When you say limp in are you talking about forced limited power or are you talking about the trans going into limp in?


----------



## cubanb343 (Dec 13, 2007)

Take it to the dealer.  You're under warranty and you are definitely paying for it when you buy the truck. Mine has never limped- I change my oil every 3-4k and fuel filter at least once a year. And I run diesel kleen all year long


----------



## My bowtie (Jan 15, 2008)

The only time my LMM went into limp mode was when plowing. Snow was blowing over plow and getting Mas air flow senser wet causing limp mode. I have yet to have jelled fuel, and hope i never do. I have read on Dieselplace that some fuel additives in the LMM can cause limp mode. The only additives i have used was amsoil. No issues so far.


----------



## clund21 (Aug 4, 2010)

www.nicktane.com

Went with the CAT fuel filter adapter, zero problems with gelling at all. Cheaper filter cost and it allows you to change the fuel filter though the top of the engine bay easier.


----------



## tuney443 (Jun 25, 2006)

clund21;1160504 said:


> www.nicktane.com
> 
> Went with the CAT fuel filter adapter, zero problems with gelling at all. Cheaper filter cost and it allows you to change the fuel filter though the top of the engine bay easier.


Changing to any type of fuel filter is NOT a substitution for doing proper PM,and that means a dose of anti-gel in every tank when cold weather is here.ANY filter can and will gel under the right circumstances.


----------



## Mr.Markus (Jan 7, 2010)

I said this in another thread...I had a problem with limp mode recurring early last season, even the dealer had trouble with it. Kept showing up as an air restriction. Turned out to be a gummed up mass air flow sensor. As part of emissions it is covered under warantee. HTH.


----------



## clund21 (Aug 4, 2010)

tuney443;1160618 said:


> Changing to any type of fuel filter is NOT a substitution for doing proper PM,and that means a dose of anti-gel in every tank when cold weather is here.ANY filter can and will gel under the right circumstances.


I realize this. The filter still gets changed every other oil change and every tank gets an appropriate amount of PS additive this time of year. I have a friend here that has already gelled twice using the stock filter and PS.


----------



## jomama45 (Dec 25, 2008)

The root of the problem was already discussed in another thread: IL has a bio-diesel blend that is heck on filters in the winter.
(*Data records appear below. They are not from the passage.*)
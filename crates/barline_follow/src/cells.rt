ghost use Rattle.bar_cut.specs.Cuts.{AreBarsAndChords, inputs};
ghost use Rattle.barline_follow.specs.NextBars.{IsNextBar};
ghost use Rattle.barline_follow.specs.PassedOver.{IsLonger, cells_in};
ghost use Rattle.barline_follow.specs.Sounded.{AreSounded};
ghost use Rattle.rhythm_base.specs.BarInput as inputs_of_bars;
ghost use Rattle.rhythm_base.specs.Cells.{input};
ghost use Rattle.rhythm_base.specs.Grammar.{Grammar};
ghost use Rattle.rhythm_base.specs.Leaves.{VoiceBar, soundings};
ghost use Rattle.rhythm_base.specs.Readable.{IsInRange};
ghost use Rattle.rhythm_base.specs.Signatures.{IsSignature};
ghost use Rattle.rhythm_base.specs.Voices.{voice_bar};
ghost use Rattle.rhythm_base.specs.declared.limits.TheConstants.{LATEST_TICK};
ghost use Rattle.std.specs.Prelude.{◌≡◌, ◌≤◌, ◌<◌, ◌++◌, List, [], ◌∷◌, IfOk, OnOk, length};

use crate::costs::asked_after;
use crate::longer::Longer;
use crate::next_bar::NextBar;
use bar_cut::sections;
use bar_pool::AskedCell;
use rhythm_base::{Bar, BarInput, Chord, Grammar, Pin};
use std::alloc::{AllocError, Global};

/// The chords from the last one before a tick on. A bar that begins there depends on no other.
fn chords_near(voice: &[Chord], start: u64) -> &[Chord]
    requires { AreSounded voice.now }
    ensures sounded { AreSounded result.now }
    ensures near { (grammar : Grammar) (bar : VoiceBar) → bar.start ≡ start
        → input grammar bar (soundings result.now) ≡ input grammar bar (soundings voice.now) }
{
    let before = voice.partition_point(|chord| chord.onset < start);
    let (_earlier, near) = voice.split_at(before.saturating_sub(1));
    near
}

/// The input of the last of these bars.
fn last_input(
    alloc: Global,
    grammar: &Grammar,
    voice: &[Chord],
    bars: &[Bar],
    end: u64,
    pins: &[Pin],
) -> Result<BarInput, AllocError>
    requires voice { AreBarsAndChords bars.now end voice.now }
    requires grammar { IsInRange grammar.now }
    ensures { IfOk result (λ k. (others : List inputs_of_bars.BarInput) × (inputs grammar.now pins.now 0 end bars.now voice.now ≡ others ++ k ∷ [])) }
{
    match sections(alloc, voice, bars, end, grammar, pins, 0) {
        Err(_fault) => Err(AllocError),
        Ok(mut sections) => match sections.pop() {
            None => Err(AllocError),
            Some(section) => section.input(alloc),
        },
    }
}

/// The input of a bar of a voice that runs to `end`.
fn cell_input(
    alloc: Global,
    grammar: &Grammar,
    voice: &[Chord],
    bar: Bar,
    end: u64,
) -> Result<BarInput, AllocError>
    requires sounded { AreSounded voice.now }
    requires grammar { IsInRange grammar.now }
    requires signature { IsSignature bar.num bar.den }
    requires some_tick { bar.start < end }
    requires few_ticks { end ≤ LATEST_TICK }
    ensures { IfOk result (λ k. k ≡ input grammar.now (voice_bar grammar.now [] 0 0 bar end) (soundings voice.now)) }
{
    if bar.start == 0 {
        last_input(alloc, grammar, voice, &[bar], end, &[])
    } else {
        let earlier = Bar { start: 0, ..bar };
        let near = chords_near(voice, bar.start);
        last_input(alloc, grammar, near, &[earlier, bar], end, &[])
    }
}

/// Appends the cell of a list's bar in a voice, with what is asked of it, if the list is not passed over.
pub fn push_cell(
    alloc: Global,
    next: &NextBar,
    voice: usize,
    list: &Longer<'_>,
    cells: &mut Vec<AskedCell>,
) -> Result<(), AllocError>
    requires next { IsNextBar next.now }
    requires list { IsLonger next.now list.now }
    requires voice { voice < length next.now.voices.now }
    ensures { OnOk result (cells.new.items ≡ cells.old.items ++ cells_in next.now voice list.now) }
{
    if list.is_out() {
        return Ok(());
    }
    let course = list.course();
    let start = course.barring().end();
    let end = start + list.offer().ticks;
    let bar = Bar { start, ..next.like };
    let heads = course.heads();
    let chords = next.voices[voice].chords();
    let input = cell_input(alloc, next.grammar, chords, bar, end)?;
    let asked = asked_after(&heads[voice]);
    cells.push(AskedCell { input, asked })?;
    Ok(())
}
Notice the only folks to have gelling issues in this thread are all from IL. Feel free to come to WI to stock up on non-bio diesel, we can use the excise tax income............ :waving:


----------



## tuney443 (Jun 25, 2006)

jomama45;1161082 said:


> The root of the problem was already discussed in another thread: IL has a bio-diesel blend that is heck on filters in the winter. Notice the only folks to have gelling issues in this thread are all from IL. Feel free to come to WI to stock up on non-bio diesel, we can use the excise tax income............ :waving:


Looks like you nailed it jomama.He could also fuel up in my state,NY--our new governator Andy Cuomo I'm sure wouldn't mind some Illinois guy fueling up to generate some much needed revenue. I did my share--just sent in the last quarters sales tax yesterday--$555.00.


----------



## clund21 (Aug 4, 2010)

jomama45;1161082 said:


> The root of the problem was already discussed in another thread: IL has a bio-diesel blend that is heck on filters in the winter. Notice the only folks to have gelling issues in this thread are all from IL. Feel free to come to WI to stock up on non-bio diesel, we can use the excise tax income............ :waving:


Ha I think Illinois is in more desperate need of the money.... but thats a different topic entirely..
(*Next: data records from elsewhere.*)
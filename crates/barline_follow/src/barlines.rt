ghost use Rattle.barline_follow.specs.Bars as bars;
ghost use Rattle.barline_follow.specs.Script as scripts;
ghost use Rattle.rhythm_base.specs.Barlines as nominals;
ghost use Rattle.rhythm_base.specs.Lists.{last_end};
ghost use Rattle.rhythm_base.specs.Performance.{IsWellFormed};
ghost use Rattle.rhythm_base.specs.declared.limits.TheConstants.{MOST_BARS};
ghost use Rattle.std.specs.Prelude.{◌≡◌, ◌+◌, ◌*◌, ◌<◌, ◌≤◌, ◌^◌, IfOk, length, min};

use rhythm_base::{Bar, Performance};
use std::alloc::{AllocError, Global};

/// The ticks of a whole bar of its signature.
fn nominal(division: u16, bar: &Bar) -> u64
    requires { 1 ≤ bar.now.den }
    ensures value { result ≡ nominals.nominal division bar.now }
    ensures short { result < 2 ^ 27 }
{
    4 * u64::from(division) * u64::from(bar.num) / u64::from(bar.den)
}

/// The ticks of a whole bar of that number. Past the last bar of the performance they are those of the last.
pub fn whole_bar(performance: &Performance, number: usize) -> u64
    ensures value { result ≡ bars.whole_bar performance.now number }
    ensures short { result < 2 ^ 27 }
    ensures some { 1 ≤ result }
{
    let bars = performance.bars();
    let place = number.min(bars.len() - 1);
    nominal(performance.division(), &bars[place])
}

/// A quarter of the shortest whole bar, and at least a tick.
pub fn pace(performance: &Performance) -> u64
    ensures value { result ≡ scripts.pace performance.now }
    ensures some { 1 ≤ result }
    ensures short { result < 2 ^ 27 }
{
    let bars = performance.bars();
    let division = performance.division();
    let mut least = nominal(division, &bars[0]);
    'bars: for bar in &bars[1..] {
        least = least.min(nominal(division, bar));
    }
    (least / 4).max(1)
}

/// The start of each bar, and the last barline.
pub fn barlines(alloc: Global, performance: &Performance) -> Result<Vec<u64>, AllocError>
    ensures value { IfOk result (λ v. v.items ≡ bars.barlines_of performance.now) }
{
    let bars = performance.bars();
    let mut ticks = Vec::with_capacity(alloc, bars.len() + 1)?;
    'bars: for bar in bars {
        ticks.push(bar.start)?;
    }
    ticks.push(performance.last())?;
    Ok(ticks)
}

/// The last of these barlines, 0 where there is none.
pub fn last_barline(ticks: &[u64]) -> u64
    ensures { result ≡ last_end 0 ticks.now }
{
    match ticks {
        [] => 0,
        [.., tick] => *tick,
    }
}

/// The barlines with more of them at the end, each so many ticks after the one before, up to this number of barlines.
pub fn lengthened(
    alloc: Global,
    bar: u64,
    count: usize,
    ticks: &[u64],
) -> Result<Vec<u64>, AllocError>
    requires { last_end 0 ticks.now + count * bar < 2 ^ 64 }
    ensures { IfOk result (λ v. v.items ≡ scripts.lengthened bar count ticks.now) }
{
    let mut longer = ticks.to_vec(alloc)?;
    let mut last = last_barline(ticks);
    'bars: for _number in ticks.len()..count {
        last += bar;
        longer.push(last)?;
    }
    Ok(longer)
}
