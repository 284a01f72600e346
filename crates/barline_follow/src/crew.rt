ghost use Rattle.std.specs.Prelude.{◌≤◌};

use grammar_plan::Plan;

/// How many lists are looked at together for each of several workers, so that each has cells to build. The fewer they are, the more of
/// them are passed over.
const LISTS_FOR_A_WORKER: usize = 32;

/// By which plan and by up to how many workers cells are built.
#[derive(Drop)]
pub struct Crew<'a> {
    pub plan: &'a Plan,
    pub workers: u32,
}

impl<'a> Crew<'a> {
    /// How many lists are looked at together: by one worker each by itself.
    pub fn batch(&self) -> usize
        ensures { 1 ≤ result }
    {
        if self.workers <= 1 {
            1
        } else {
            self.workers as usize * LISTS_FOR_A_WORKER
        }
    }
}
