ghost use Rattle.barline_follow.specs.Barring.{better, barring_end, last_length, course_end, course_value, barring_value};
ghost use Rattle.rhythm_base.specs.Lists.{last_end};
ghost use Rattle.std.specs.Prelude.{◌≡◌, ◌+◌, ◌<◌, ◌^◌, List};

use crate::barlines::last_barline;
use crate::heads::Heads;
use crate::least::Valued;
use std::marker::Model;

/// Barlines, the sum of the prices of their bars, and what their trees cost. The first barline stands at 0.
#[derive(Drop)]
pub struct Barring {
    ticks: Vec<u64>,
    prices: u64,
    cost: u64,
}

impl Model for Barring {
    ghost use Rattle.barline_follow.specs.Barring.{Barring};
    ghost use Rattle.std.specs.Prelude.{◌+◌, ◌<◌, ◌^◌};

    ghost Value = { Barring };

    ghost view = { λ b. record { ticks = b.ticks.items; prices = b.prices; cost = b.cost } };

    ghost use Rattle.rhythm_base.specs.Lists.{last_end};

    ghost invariant = { λ b. (b.cost + b.prices < 2 ^ 64) × (last_end 0 b.ticks.items < 2 ^ 33) };
}

impl Barring {
    /// These barlines, with the sum of their prices and the cost of their trees.
    pub fn of(ticks: Vec<u64>, prices: u64, cost: u64) -> Barring
        requires value { cost + prices < 2 ^ 64 }
        requires end { last_end 0 ticks.items < 2 ^ 33 }
        ensures { result ≡ record { ticks = ticks.items; prices = prices; cost = cost } }
    {
        Barring {
            ticks,
            prices,
            cost,
        }
    }

    /// The barlines.
    pub fn ticks(&self) -> &[u64]
        ensures { result.now ≡ self.now.ticks }
    {
        self.ticks.as_slice()
    }

    /// The sum of the prices of the bars.
    pub fn prices(&self) -> u64
        ensures { result ≡ self.now.prices }
    {
        self.prices
    }

    /// What the trees cost.
    pub fn cost(&self) -> u64
        ensures { result ≡ self.now.cost }
    {
        self.cost
    }

    /// What the trees cost and the prices together.
    pub fn value(&self) -> u64
        ensures { result ≡ barring_value self.now }
    {
        self.cost + self.prices
    }

    /// The length of the last bar, 0 where there is none.
    pub fn last_length(&self) -> u64
        ensures value { result ≡ last_length self.now.ticks }
        ensures short { result < 2 ^ 33 }
    {
        let ticks = self.ticks.as_slice();
        let count = ticks.len();
        if count < 2 {
            return 0;
        }
        ticks[count - 1].saturating_sub(ticks[count - 2])
    }

    /// The last barline.
    pub fn end(&self) -> u64
        ensures value { result ≡ barring_end self.now }
        ensures early { result < 2 ^ 33 }
    {
        last_barline(self.ticks.as_slice())
    }
}

/// The better of two, the first where they have the same value.
pub fn better(best: Option<Barring>, barring: Barring) -> Option<Barring>
    ensures { result ≡ better best barring }
{
    match best {
        Some(first) if first.value() <= barring.value() => Some(first),
        _ => Some(barring),
    }
}

/// Barlines that go on, with the least costs of each voice up to there.
#[derive(Drop)]
pub struct Course {
    barring: Barring,
    heads: Vec<Heads>,
}

impl Model for Course {
    ghost use Rattle.barline_follow.specs.Barring.{Course};

    ghost Value = { Course };

    ghost view = { λ t. record { barring = t.barring; heads = t.heads.items } };
}

impl Course {
    /// These barlines, with these costs of the voices.
    pub fn of(barring: Barring, heads: Vec<Heads>) -> Course
        ensures { result ≡ record { barring = barring; heads = heads.items } }
    {
        Course { barring, heads }
    }

    /// The barlines and what they cost.
    pub fn barring(&self) -> &Barring
        ensures { result.now ≡ self.now.barring }
    {
        &self.barring
    }

    /// The costs of each voice.
    pub fn heads(&self) -> &[Heads]
        ensures { result.now ≡ self.now.heads }
    {
        self.heads.as_slice()
    }
}

impl Valued for Course {
    ghost value = { course_value };

    ghost tick = { course_end };

    fn value(&self) -> u64 {
        self.barring.value()
    }

    fn tick(&self) -> u64 {
        self.barring.end()
    }
}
All of the pumps around me are clearly labeled that the diesel contains between 10%-20% bio or 5%-15% I dont remember exactly which


----------



## rcpd34 (Jan 16, 2004)

NEVER had any problem like this with my D'max's. I don't use additives, but MONSTERDIESEL is the only one I would use.


----------



## vegaman04 (Dec 12, 2007)

rcpd34;1165703 said:


> NEVER had any problem like this with my D'max's. I don't use additives, but MONSTERDIESEL is the only one I would use.


Monster Diesel was on OCC a while back and they are no longer in business. I thought there stuff was considered snake oil?


----------